### Jupyter Notebook Settings

In [None]:
from IPython.core.display import display, HTML                                    
display(HTML("<style>.container { width:100% !important; }</style>"))  
import IPython.display as display

### Libraries

In [None]:
import re
import heapq
import struct
from tqdm import tqdm
from collections import Counter, defaultdict
from threading import Lock
from concurrent.futures import ThreadPoolExecutor, as_completed

### Conver BPE Vocabulary to a Binary Radix Tree
##### It will apply the special characters escaping function to have it working properly in C++
##### This function will keep the original BPE "_" marker for prefix and "</w>" for end of word

In [None]:
# Function to escape special characters in a string for C++ string literals
def escape_special_characters(token):
    token = token.replace('\\', '\\\\')
    token = token.replace('\"', '\\\"')
    token = token.replace('\'', '\\\'')
    token = token.replace('\n', '\\n')
    token = token.replace('\r', '\\r')
    token = token.replace('\t', '\\t')
    token = token.replace('<space>', ' ')
    return token

class RadixNode:
    def __init__(self):
        self.children = {}
        self.tokenID = -1

class RadixTree:
    def __init__(self):
        self.root = RadixNode()

    def insert(self, word, tokenID):
        node = self.root

        # Handle words that start with '_'
        if word.startswith('_'):
            prefix_marker = '_'
            word = word[1:]  # Remove the underscore for further processing
            if prefix_marker not in node.children:
                node.children[prefix_marker] = RadixNode()
            node = node.children[prefix_marker]

        while word:
            for prefix in node.children:
                common_length = 0
                for i in range(min(len(prefix), len(word))):
                    if prefix[i] != word[i]:
                        break
                    common_length += 1

                if common_length > 0:
                    if common_length < len(prefix):
                        existing_child = node.children.pop(prefix)
                        new_node = RadixNode()
                        new_node.children[prefix[common_length:]] = existing_child
                        node.children[prefix[:common_length]] = new_node
                        node = new_node
                    else:
                        node = node.children[prefix]

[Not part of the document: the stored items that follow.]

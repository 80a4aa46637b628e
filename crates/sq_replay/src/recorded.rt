// The tuples that a source recorded, one after another.
ghost use Rattle.std.specs.Prelude.{◌≡◌, ◌+◌, ◌<◌, ◌∷◌, ◌^◌, [], IfErr, IfOk, MatchOption, OnErr, Ok, length};
ghost use Rattle.sq_replay.specs.Answers.{IsBadStream};
ghost use Rattle.sq_replay.specs.RecordedTuples.{first_recorded};
ghost use Rattle.sq_replay.specs.Streams.{stream_in};

use crate::StreamErr;
use crate::stream::test_lines;
use crate::unread::{Unread, all_left, begun, take_next};
use sq_value::{Schema, Tuple, Value};
use std::alloc::{AllocError, Global};
use std::collections::VecDeque;
use std::marker::Model;

/// The tuples that a source recorded, one after another: of a text that breaks no rule, whose lines are read when their
/// tuples are near, or of a list. Contracts see the list of those that are to come.
#[derive(Drop)]
pub struct Stream {
    next: Option<Tuple>,
    listed: VecDeque<Tuple>,
    unread: Unread,
}

impl Model for Stream {
    ghost use Rattle.sq_replay.specs.RecordedTuples.{Recorded};

    ghost Value = { Recorded };

    ghost use Rattle.sq_replay.specs.RestOfText.{all_to_come};

    ghost view = { λ a. record { items = all_to_come a.next a.listed.items a.unread } };
}

impl Stream {
    /// The tuples of a list.
    pub fn listed(alloc: Global, tuples: Vec<Tuple>) -> Stream
        ensures { result ≡ record { items = tuples.items } }
    {
        let mut listed = VecDeque::from_vec(tuples);
        let next = listed.pop_front();
        Stream {
            next,
            listed,
            unread: Unread::none(alloc),
        }
    }

    /// The tuples of a stream file, or its first bad line, by the rules of `read_stream`. Each line is tested now, and read
    /// again when its tuple is near.
    pub fn new(alloc: Global, bytes: Vec<u8>, schema: &Schema) -> Result<Stream, StreamErr>
        requires { length bytes.items + 1 < 2 ^ 32 }
        ensures tuples { IfOk result (λ s. stream_in schema.now bytes.items ≡ Ok s.items) }
        ensures bad { IfErr result (λ e. IsBadStream e (stream_in schema.now bytes.items)) }
    {
        test_lines(alloc, &bytes, schema)?;
        match begun(alloc, bytes, schema.kinds()) {
            Ok((next, unread)) => Ok(Stream {
                next,
                listed: VecDeque::new(alloc),
                unread,
            }),
            Err(_) => Err(StreamErr::Memory),
        }
    }

    /// The time of the next tuple, where there is one.
    pub fn time(&self) -> Option<u64>
        ensures { result ≡ first_recorded self.now.items }
    {
        match &self.next {
            Some(tuple) => Some(tuple.time),
            None => None,
        }
    }

    /// Takes the next tuple, where there is one. Where memory runs out nothing is taken.
    pub fn take(&mut self) -> Result<Option<Tuple>, AllocError>
        ensures taken { IfOk result (λ o. MatchOption o ((self.old.items ≡ []) × (self.new ≡ self.old)) (λ t. self.old.items ≡ t ∷ self.new.items)) }
        ensures err { OnErr result (self.new ≡ self.old) }
    {
        let values = Vec::new(*self.listed.allocator());
        self.take_into(values)
    }

    /// The same; the values of the tuple that is read ahead may go into `values`, an empty vector, to save a request for memory.
    #[inline(always)]
    pub fn take_into(&mut self, values: Vec<Value>) -> Result<Option<Tuple>, AllocError>
        requires empty { values.items ≡ [] }
        ensures taken { IfOk result (λ o. MatchOption o ((self.old.items ≡ []) × (self.new ≡ self.old)) (λ t. self.old.items ≡ t ∷ self.new.items)) }
        ensures err { OnErr result (self.new ≡ self.old) }
    {
        take_next(&mut self.next, &mut self.listed, &mut self.unread, values)
    }

    /// All tuples that are left, as a list.
    pub fn into_tuples(self, alloc: Global) -> Result<Vec<Tuple>, AllocError>
        ensures { IfOk result (λ v. v.items ≡ self.items) }
    {
        let Stream {
            next,
            listed,
            unread,
        } = self;
        all_left(alloc, next, listed, unread)
    }
}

                    word = word[common_length:]
                    break
            else:
                node.children[word] = RadixNode()
                node = node.children[word]
                word = ""

        # Set tokenID at the end of the word
        node.tokenID = tokenID

    def traverse(self, word):
        node = self.root

        # Handle words that start with '_'
        if word.startswith('_'):
            prefix_marker = '_'
            word = word[1:]  # Remove the underscore for further processing
            if prefix_marker in node.children:
                node = node.children[prefix_marker]
            else:
                return None

        while word:
            found = False
            for prefix, child in node.children.items():
                if word.startswith(prefix):
                    word = word[len(prefix):]
                    node = child
                    found = True
                    break
            if not found:
                return None
        return node.tokenID if node.tokenID != -1 else None

    def serialize_to_binary(self):
        def node_to_binary(node):
            children_data = b''.join(
                struct.pack(f'i{len(prefix)}s', len(prefix), prefix.encode('utf-8')) + node_to_binary(child)
                for prefix, child in node.children.items()
            )
            tokenID_data = struct.pack('i', node.tokenID)
            num_children = len(node.children)
            num_children_data = struct.pack('i', num_children)
            return tokenID_data + num_children_data + children_data

        return node_to_binary(self.root)

    def deserialize_from_binary(self, binary_data):
        def binary_to_node(data, offset=0):
            tokenID = struct.unpack_from('i', data, offset)[0]
            offset += 4
            num_children = struct.unpack_from('i', data, offset)[0]
            offset += 4
            node = RadixNode()
            node.tokenID = tokenID
            for _ in range(num_children):
                prefix_len = struct.unpack_from('i', data, offset)[0]
                offset += 4
                prefix = struct.unpack_from(f'{prefix_len}s', data, offset)[0].decode('utf-8')
                offset += prefix_len
                child, offset = binary_to_node(data, offset)
                node.children[prefix] = child
            return node, offset

        self.root, _ = binary_to_node(binary_data)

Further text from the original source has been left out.